Question

In an R-L-C series circuit shown in the figure, the readings of voltmeters $V_1$ and $V_2$ are 100 $V$ and 120 $V$ respectively. The source voltage is 130 $V$ . For this situation, mark out the correct statement(s).

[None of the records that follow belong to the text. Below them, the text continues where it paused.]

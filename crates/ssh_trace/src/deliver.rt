//! The turns on an ask, and on bytes that come, with their records.

ghost use Rattle.std.specs.Prelude.{◌≡◌, ◌<◌, ◌≤◌, false, length, take, IfOk, OnOk};
ghost use Rattle.ssh_trace.specs.EpochEnd.{SameKeys};
ghost use Rattle.ssh_trace.specs.Turns.{Asked, Delivered, Turn};

use crate::epoch_end::{AskStep, EpochEnd};
use crate::history::{Done, Item, note, note_sent, note_took};
use ssh_packet::PacketStep;
use ssh_types::{AskRefusal, Refusal, Side};
use std::alloc::{AllocError, Global};

/// Asks an end to send a payload. A dead end does nothing.
pub(crate) fn ask(
    end: &mut EpochEnd,
    alloc: Global,
    side: Side,
    payload: &[u8],
    log: &mut Vec<Done>,
    out: &mut Vec<u8>,
) -> Result<(), AllocError>
    requires { 1 ≤ length payload.now }
    ensures asked { OnOk result (Asked end.old.sending_key side payload.now end.old end.new log.old.items log.new.items
        out.old.items out.new.items) }
    ensures keys { SameKeys end.old end.new }
{
    if end.is_dead() {
        return Ok(());
    }
    match end.ask(payload, out)? {
        AskStep::Sent => {
            note(log, side, Item::Asked)?;
            note_sent(alloc, log, side, payload)?;
            Ok(())
        }
        AskStep::TooLong => {
            note(log, side, Item::Asked)?;
            note(log, side, Item::AskRefused(AskRefusal::TooLong))?;
            Ok(())
        }
        AskStep::Spent => {
            note(log, side, Item::Asked)?;
            note(log, side, Item::Refused(Refusal::NumberSpent))?;
            note(log, side, Item::Died)?;
            Ok(())
        }
    }
}

/// Delivers a piece of the stream to an end. A dead end does nothing.
pub(crate) fn deliver(
    end: &mut EpochEnd,
    alloc: Global,
    side: Side,
    piece: &[u8],
    log: &mut Vec<Done>,
) -> Result<(), AllocError>
    ensures delivered { OnOk result (Delivered end.old.taking_key side piece.now end.old end.new log.old.items log.new.items) }
    ensures keys { SameKeys end.old end.new }
{
    let mut at = 0;
    while at < piece.len() {
        if end.is_dead() {
            return Ok(());
        }
        let rest = piece.split_at(at).1;
        at += deliver_once(end, alloc, side, rest, log)?;
    }
    let _ = end.held();
    Ok(())
}

// Delivers bytes to the end of one packet, and answers how many.
fn deliver_once(
    end: &mut EpochEnd,
    alloc: Global,
    side: Side,
    bytes: &[u8],
    log: &mut Vec<Done>,
) -> Result<usize, AllocError>
    // What the caller must ensure.
    requires alive { end.old.dead ≡ false }
    // What it does.
    ensures used { IfOk result (λ count. count ≤ length bytes.now) }
    ensures progress { IfOk result (λ count. 0 < length bytes.now → 0 < count) }
    ensures turn { IfOk result (λ count. Turn end.old.taking_key side (take count bytes.now) end.old end.new log.old.items
        log.new.items) }
    ensures keys { SameKeys end.old end.new }
{
    let (used, step) = end.take(bytes);
    match step {
        PacketStep::More => Ok(used),
        PacketStep::Payload => {
            note_took(alloc, log, side, end.payload())?;
            Ok(used)
        }
        PacketStep::Refused(refusal) => {
            note(log, side, Item::Refused(refusal))?;
            note(log, side, Item::Died)?;
            Ok(used)
        }
    }
}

• A. Voltage across resistor, inductor and capacitor are $50V,50\sqrt{3}V$ and $(120+50\sqrt{3})V$ respectively.
• B. Voltage across resistor, inductor and capacitor are $50V,50\sqrt{3}V$ and $120-50\sqrt{3}V$ respectively.
• C. Power factor of the circuit is $\frac{5}{13}$.
• D. The circuit is capacitive in nature.

Answer 1

Answer: (A), (C), (D)

The correct options are
A Voltage across resistor, inductor and capacitor are $50V,50\sqrt{3}V$ and $(120+50\sqrt{3})V$ respectively.
C Power factor of the circuit is $\frac{5}{13}$.
D The circuit is capacitive in nature.

In R-L-C series circuit,
$V_R^2+V_L^2={100}^2$
$\left(V_c-V_L\right|=120$

${130}^2=V_R^2+{(V_C-V_L)}^2\Rightarrow V_R=50V$
$\Rightarrow$ Voltage across inductor, $V_L=\sqrt{{100}^2-{50}^2}=50\sqrt{3}V$
and voltage drop across capacitor,
$V_C=(120+50\sqrt{3}V)$
Power factor, $\cos \varphi =\frac{V_R}{V_Z}=\frac{50}{130}=\frac{5}{13}$
Since, $V_C>V_L$, so circuit is capacitive.